Treatment of glioblastoma multiforme is at a crossroads. Promising new molecularly-targeted agents have failed to show any significant clinical benefit. Treatment is particularly challenging since the tumor resides in a tissue that is considered to be a pharmacological and immunological sanctuary due to the presence of the blood-brain barrier. Protective mechanisms at the blood-brain barrier (BBB), such as the endothelial tight junctions and drug efflux transporters, restrict the passage of most large and small molecules into the brain. Limited drug delivery to the tumor is a plausible explanation for the failure of molecularly-targeted therapy in glioma. If therapeutic agents do not reach their target, regardless of their potency, they cannot be effective. The objective of this work was to show that active efflux transporters at BBB restrict delivery of potent molecularly-targeted agents to their targets. More importantly, the aim was to demonstrate that the targets in question are in invasive tumor cells that are left behind after surgery and remain shielded behind an intact blood-brain barrier. The ultimate goal of this endeavor is to improve delivery of molecularly-targeted therapy to the tumor and show that this can translate to enhanced efficacy against this lethal disease.

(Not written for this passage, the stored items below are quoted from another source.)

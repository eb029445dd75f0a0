//! Layouts, and the notes on them. The expected ones are worked out by hand.
ghost use Rattle.sv_cell_tests.specs.Standing.{AreCellsOf};

use crate::acts::{Act, Change, NOTHING, place_of};
use crate::areas::At;
use crate::cells::{Tried, take_all};
use crate::texts::{PLAIN, PREINITIALIZED};
use std::alloc::{AllocError, Global};
use std::test::Fail;
use sv_mask::{Layout, Usage};
use sv_model::work::{LayoutNote, Note, What};

// Reads and sampled reads of copies and of fragment shaders.
const COPY_READ: u8 = 34;

const SAMPLED_READ: u8 = 20;

const SAMPLED: Option<What> = Some(What::Use(Usage(SAMPLED_READ)));

const TRANSITION: Option<What> = Some(What::Transition);

const UNDEFINED: Layout = Layout::Undefined;

const GENERAL: Layout = Layout::General;

const READ_ONLY: Layout = Layout::ShaderReadOnlyOptimal;

const SOURCE: Layout = Layout::TransferSrcOptimal;

const TARGET: Layout = Layout::TransferDstOptimal;

// All cells of the image, and its first one.
const WHOLE: At = At::Image(0, 3, 0, 4);

const FIRST: At = At::Image(0, 1, 0, 1);

// A note: the number of its act, its cells, what was done, the layout that was declared, and the one that
// was found.
type Said = (u64, At, Option<What>, Layout, Layout);

// Acts, all notes on them, and the layouts of some cells then, by their resource and number.
#[derive(Clone, Copy)]
struct Row {
    text: &'static str,
    acts: &'static [Act],
    notes: &'static [Said],
    layouts: &'static [(u32, u64, Layout)],
}

static ROWS: [Row; 14] = [
    Row {
        text: PLAIN,
        acts: &[],
        notes: &[],
        layouts: &[(1, 0, UNDEFINED), (1, 11, UNDEFINED)],
    },
    Row {
        text: PREINITIALIZED,
        acts: &[],
        notes: &[],
        layouts: &[
            (1, 0, Layout::Preinitialized),
            (1, 11, Layout::Preinitialized),
        ],
    },
    // a declared layout that is not there
    Row {
        text: PLAIN,
        acts: &[Act::Use(0, SAMPLED_READ, FIRST, Some(READ_ONLY))],
        notes: &[(0, FIRST, SAMPLED, READ_ONLY, UNDEFINED)],
        layouts: &[(1, 0, UNDEFINED)],
    },
    // a run for each mip
    Row {
        text: PLAIN,
        acts: &[Act::Use(0, SAMPLED_READ, At::Image(0, 2, 1, 2), Some(GENERAL))],
        notes: &[
            (0, At::Image(0, 1, 1, 2), SAMPLED, GENERAL, UNDEFINED),
            (0, At::Image(1, 1, 1, 2), SAMPLED, GENERAL, UNDEFINED),
        ],
        layouts: &[],
    },
    // no layout is declared
    Row {
        text: PLAIN,
        acts: &[
            Act::Use(0, SAMPLED_READ, WHOLE, None),
            Act::Use(0, COPY_READ, At::Bytes(0, 16), None),
        ],
        notes: &[],
        layouts: &[(1, 0, UNDEFINED)],
    },
    // some layers of a mip get another layout
    Row {
        text: PLAIN,
        acts: &[
            Act::Element(NOTHING, WHOLE, Change::Layouts(0, UNDEFINED, TARGET)),
            Act::Element(
                NOTHING,
                At::Image(1, 1, 1, 2),
                Change::Layouts(0, GENERAL, READ_ONLY),
            ),
            Act::Use(0, SAMPLED_READ, WHOLE, Some(TARGET)),
        ],
        notes: &[
            (1, At::Image(1, 1, 1, 2), TRANSITION, GENERAL, TARGET),
            (2, At::Image(1, 1, 1, 2), SAMPLED, TARGET, READ_ONLY),
        ],
        layouts: &[
            (1, 3, TARGET),
            (1, 4, TARGET),
            (1, 5, READ_ONLY),
            (1, 6, READ_ONLY),
            (1, 7, TARGET),
            (1, 8, TARGET),
        ],
    },
    // and come back
    Row {
        text: PLAIN,
        acts: &[
            Act::Element(NOTHING, WHOLE, Change::Layouts(0, UNDEFINED, TARGET)),
            Act::Element(
                NOTHING,
                At::Image(1, 1, 1, 2),
                Change::Layouts(0, TARGET, READ_ONLY),
            ),
            Act::Element(
                NOTHING,
                At::Image(1, 1, 1, 2),
                Change::Layouts(0, READ_ONLY, TARGET),
            ),
            Act::Use(0, SAMPLED_READ, WHOLE, Some(GENERAL)),
        ],
        notes: &[
            (3, At::Image(0, 1, 0, 4), SAMPLED, GENERAL, TARGET),
            (3, At::Image(1, 1, 0, 4), SAMPLED, GENERAL, TARGET),
            (3, At::Image(2, 1, 0, 4), SAMPLED, GENERAL, TARGET),
        ],
        layouts: &[(1, 5, TARGET)],
    },
    // two halves of a mip that come to one layout, and then a layer to another
    Row {
        text: PLAIN,
        acts: &[
            Act::Element(
                NOTHING,
                At::Image(0, 1, 0, 2),
                Change::Layouts(0, UNDEFINED, GENERAL),
            ),
            Act::Element(
                NOTHING,
                At::Image(0, 1, 2, 2),
                Change::Layouts(0, UNDEFINED, GENERAL),
            ),
            Act::Use(0, SAMPLED_READ, At::Image(0, 1, 0, 4), Some(READ_ONLY)),
            Act::Element(
                NOTHING,
                At::Image(0, 1, 2, 1),
                Change::Layouts(0, GENERAL, SOURCE),
            ),
            Act::Use(0, SAMPLED_READ, At::Image(0, 1, 0, 4), Some(READ_ONLY)),
        ],
        notes: &[
            (2, At::Image(0, 1, 0, 4), SAMPLED, READ_ONLY, GENERAL),
            (4, At::Image(0, 1, 0, 2), SAMPLED, READ_ONLY, GENERAL),
            (4, At::Image(0, 1, 2, 1), SAMPLED, READ_ONLY, SOURCE),
            (4, At::Image(0, 1, 3, 1), SAMPLED, READ_ONLY, GENERAL),
        ],
        layouts: &[(1, 1, GENERAL), (1, 2, SOURCE), (1, 3, GENERAL)],
    },
    // an element without a transition
    Row {
        text: PLAIN,
        acts: &[Act::Element(NOTHING, FIRST, Change::Layouts(0, GENERAL, GENERAL))],
        notes: &[(0, FIRST, None, GENERAL, UNDEFINED)],
        layouts: &[(1, 0, UNDEFINED)],
    },
    // undefined takes what is there
    Row {
        text: PLAIN,
        acts: &[
            Act::Element(NOTHING, FIRST, Change::Layouts(0, UNDEFINED, GENERAL)),
            Act::Element(NOTHING, FIRST, Change::Layouts(0, UNDEFINED, TARGET)),
            Act::Element(
                NOTHING,
                FIRST,
                Change::Release(0, 1, Some((UNDEFINED, READ_ONLY))),
            ),
        ],
        notes: &[],
        layouts: &[(1, 0, TARGET), (1, 1, UNDEFINED)],
    },
    // a release leaves the layout, and its acquire changes it
    Row {
        text: PLAIN,
        acts: &[
            Act::Element(NOTHING, WHOLE, Change::Layouts(0, UNDEFINED, GENERAL)),
            Act::Element(
                NOTHING,
                FIRST,
                Change::Release(0, 1, Some((GENERAL, READ_ONLY))),
            ),
        ],
        notes: &[],
        layouts: &[(1, 0, GENERAL)],
    },
    Row {
        text: PLAIN,
        acts: &[
            Act::Element(NOTHING, WHOLE, Change::Layouts(0, UNDEFINED, GENERAL)),
            Act::Element(
                NOTHING,
                FIRST,
                Change::Release(0, 1, Some((GENERAL, READ_ONLY))),
            ),
            Act::Use(0, SAMPLED_READ, FIRST, Some(READ_ONLY)),
            Act::Element(
                NOTHING,
                FIRST,
                Change::Acquire(0, 1, Some((GENERAL, READ_ONLY))),
            ),
            Act::Use(1, SAMPLED_READ, FIRST, Some(READ_ONLY)),
        ],
        notes: &[(2, FIRST, SAMPLED, READ_ONLY, GENERAL)],
        layouts: &[(1, 0, READ_ONLY), (1, 1, GENERAL)],
    },
    // both with another old layout
    Row {
        text: PLAIN,
        acts: &[
            Act::Element(NOTHING, FIRST, Change::Layouts(0, UNDEFINED, GENERAL)),
            Act::Element(
                NOTHING,
                FIRST,
                Change::Release(0, 1, Some((TARGET, READ_ONLY))),
            ),
            Act::Element(
                NOTHING,
                FIRST,
                Change::Acquire(0, 1, Some((SOURCE, READ_ONLY))),
            ),
        ],
        notes: &[
            (1, FIRST, None, TARGET, GENERAL),
            (2, FIRST, TRANSITION, SOURCE, GENERAL),
        ],
        layouts: &[(1, 0, READ_ONLY)],
    },
    // bytes have no layouts
    Row {
        text: PLAIN,
        acts: &[
            Act::Element(NOTHING, At::Bytes(0, 16), Change::Nothing),
            Act::Element(NOTHING, At::Bytes(0, 16), Change::Release(0, 1, None)),
        ],
        notes: &[],
        layouts: &[],
    },
];

fn note_of(said: Said) -> Note {
    let (step, at, what, declared, found) = said;
    Note::Layout(LayoutNote {
        area: at.area(),
        what,
        place: place_of(step),
        declared,
        found,
        step,
        pos: 0,
        part: 0,
        reports_before: 0,
    })
}

fn are_notes(notes: &[Note], owed: &[Said]) -> bool {
    if notes.len() != owed.len() {
        return false;
    }
    for index in 0..owed.len() {
        if notes[index] != note_of(owed[index]) {
            return false;
        }
    }
    true
}

fn has_layouts(tried: &Tried, layouts: &[(u32, u64, Layout)]) -> bool
    requires { AreCellsOf tried.now.trace tried.now.cells.space tried.now.cells.layouts
        tried.now.cells.owners }
{
    for (res, number, layout) in layouts {
        if tried.layout(*res, *number) != Some(*layout) {
            return false;
        }
    }
    true
}

fn agrees(alloc: Global, row: &Row) -> Result<bool, AllocError> {
    match take_all(alloc, row.text, row.acts)? {
        None => Ok(false),
        Some(tried) => {
            let notes = are_notes(tried.answers.layout_notes.as_slice(), row.notes);
            Ok(notes && has_layouts(&tried, row.layouts))
        }
    }
}

#[test]
fn layouts_are_noted(rt: HostRuntime) -> Result<(), Fail> {
    for index in 0..ROWS.len() {
        let agrees = agrees(rt.alloc(), &ROWS[index])?;
        assert!(rt; agrees, "row {index}");
    }
    Ok(())
}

We show that brain distribution of the tyrosine kinase inhibitors, gefitinib, erlotinib and sorafenib, is restricted due to active efflux mediated by p-glycoprotein (P-gp) and the breast cancer resistance protein (BCRP). We further demonstrate that delivery of these drugs to the brain increases dramatically when the two transporters are genetically absent or pharmacologically inhibited. Using a rat xenograft model and a spontaneous mouse model of glioma, we show that the BBB is heterogeneously disrupted in the brain. The blood-brain barrier is disrupted in the tumor core resulting in high tumoral concentrations of erlotinib and dasatinib. However, it is intact in areas immediately adjacent to the tumor, and therefore restricts drug delivery to these sites. Thus, clinical assessment of drug delivery when using drug concentrations in tumor core (the resected tissue) as a guide for the adequacy of drug delivery can be misleading. Furthermore, we show that increasing drug delivery to these areas, by genetic deletion or pharmacological inhibition of P-gp and BCRP, results in a remarkable enhancement in efficacy of the tyrosine kinase inhibitor, dasatinib. Finally, we show that efficacy of dasatinib increases dramatically in tumor bearing transgenic mice, that are deficient in P-gp and BCRP, and consequently, these mice survive for a significantly longer time compared to the wild-type mice.
These observations underline that restricted delivery of molecularly-targeted agents to their targets can be a significant determinant of drug efficacy against glioma. In an invasive tumor, such as glioblastoma, it is important to realize that the target resides within the invasive glioma cells, that remain shielded by an intact blood-brain barrier, and evade chemotherapy. Overall, this work highlights the need to develop strategies to improve drug delivery to the invasive tumor in glioma and translate these strategies to the clinic.